EXERCISE BRIEF: Pick out every line in the data below that holds "start".

SOURCE MATERIAL:
============
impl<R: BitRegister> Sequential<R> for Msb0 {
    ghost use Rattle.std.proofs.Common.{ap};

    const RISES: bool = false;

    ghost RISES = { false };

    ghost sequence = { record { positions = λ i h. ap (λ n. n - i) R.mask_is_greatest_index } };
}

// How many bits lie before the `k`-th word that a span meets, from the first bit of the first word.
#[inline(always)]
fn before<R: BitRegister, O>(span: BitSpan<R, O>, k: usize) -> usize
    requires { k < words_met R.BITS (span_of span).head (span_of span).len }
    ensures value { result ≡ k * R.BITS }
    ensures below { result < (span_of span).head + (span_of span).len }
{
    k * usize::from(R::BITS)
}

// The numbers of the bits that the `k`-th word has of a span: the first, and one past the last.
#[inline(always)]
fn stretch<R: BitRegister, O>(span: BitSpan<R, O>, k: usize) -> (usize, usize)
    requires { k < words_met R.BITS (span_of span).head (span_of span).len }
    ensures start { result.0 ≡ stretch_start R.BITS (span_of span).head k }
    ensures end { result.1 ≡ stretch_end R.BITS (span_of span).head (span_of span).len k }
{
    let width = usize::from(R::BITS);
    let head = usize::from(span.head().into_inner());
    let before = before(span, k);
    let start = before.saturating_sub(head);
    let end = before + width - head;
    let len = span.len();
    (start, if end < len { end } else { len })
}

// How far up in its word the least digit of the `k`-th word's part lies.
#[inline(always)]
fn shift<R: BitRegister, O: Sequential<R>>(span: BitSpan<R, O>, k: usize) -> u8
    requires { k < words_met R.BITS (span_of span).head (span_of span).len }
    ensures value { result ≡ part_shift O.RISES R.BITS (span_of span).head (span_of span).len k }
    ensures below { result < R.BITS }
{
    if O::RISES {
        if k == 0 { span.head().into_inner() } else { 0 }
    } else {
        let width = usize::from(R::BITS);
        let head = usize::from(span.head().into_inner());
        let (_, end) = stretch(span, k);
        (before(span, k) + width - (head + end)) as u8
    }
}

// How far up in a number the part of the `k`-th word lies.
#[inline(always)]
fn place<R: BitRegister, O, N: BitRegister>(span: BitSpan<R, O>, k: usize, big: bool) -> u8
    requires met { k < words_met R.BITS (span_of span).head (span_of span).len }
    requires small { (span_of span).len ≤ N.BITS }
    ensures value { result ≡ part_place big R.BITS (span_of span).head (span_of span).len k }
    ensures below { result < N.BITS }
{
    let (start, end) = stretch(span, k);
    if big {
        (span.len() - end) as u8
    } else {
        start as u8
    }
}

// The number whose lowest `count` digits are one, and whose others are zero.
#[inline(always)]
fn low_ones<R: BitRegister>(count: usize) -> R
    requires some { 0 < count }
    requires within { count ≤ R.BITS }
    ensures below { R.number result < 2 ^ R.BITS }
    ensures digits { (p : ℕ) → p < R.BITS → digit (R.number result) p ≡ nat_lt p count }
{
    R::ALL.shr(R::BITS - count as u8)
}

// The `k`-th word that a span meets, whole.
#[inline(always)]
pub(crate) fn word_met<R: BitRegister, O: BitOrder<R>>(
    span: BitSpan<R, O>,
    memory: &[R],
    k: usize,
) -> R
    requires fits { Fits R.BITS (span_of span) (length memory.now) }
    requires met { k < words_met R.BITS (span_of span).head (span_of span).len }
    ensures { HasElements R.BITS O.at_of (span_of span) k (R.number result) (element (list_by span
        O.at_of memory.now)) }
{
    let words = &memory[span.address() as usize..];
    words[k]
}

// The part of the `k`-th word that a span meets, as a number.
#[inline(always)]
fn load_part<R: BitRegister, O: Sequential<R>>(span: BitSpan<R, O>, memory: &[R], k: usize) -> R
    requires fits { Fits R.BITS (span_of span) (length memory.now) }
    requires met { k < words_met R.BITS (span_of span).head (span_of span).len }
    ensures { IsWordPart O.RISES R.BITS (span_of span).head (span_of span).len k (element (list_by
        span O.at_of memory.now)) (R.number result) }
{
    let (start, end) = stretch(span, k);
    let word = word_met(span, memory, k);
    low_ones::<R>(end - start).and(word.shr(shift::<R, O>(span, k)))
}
============
ANSWER BOX:
    ensures start { result.0 ≡ stretch_start R.BITS (span_of span).head k }
    let start = before.saturating_sub(head);
    (start, if end < len { end } else { len })
    let (start, end) = stretch(span, k);
        start as u8
    let (start, end) = stretch(span, k);
    low_ones::<R>(end - start).and(word.shr(shift::<R, O>(span, k)))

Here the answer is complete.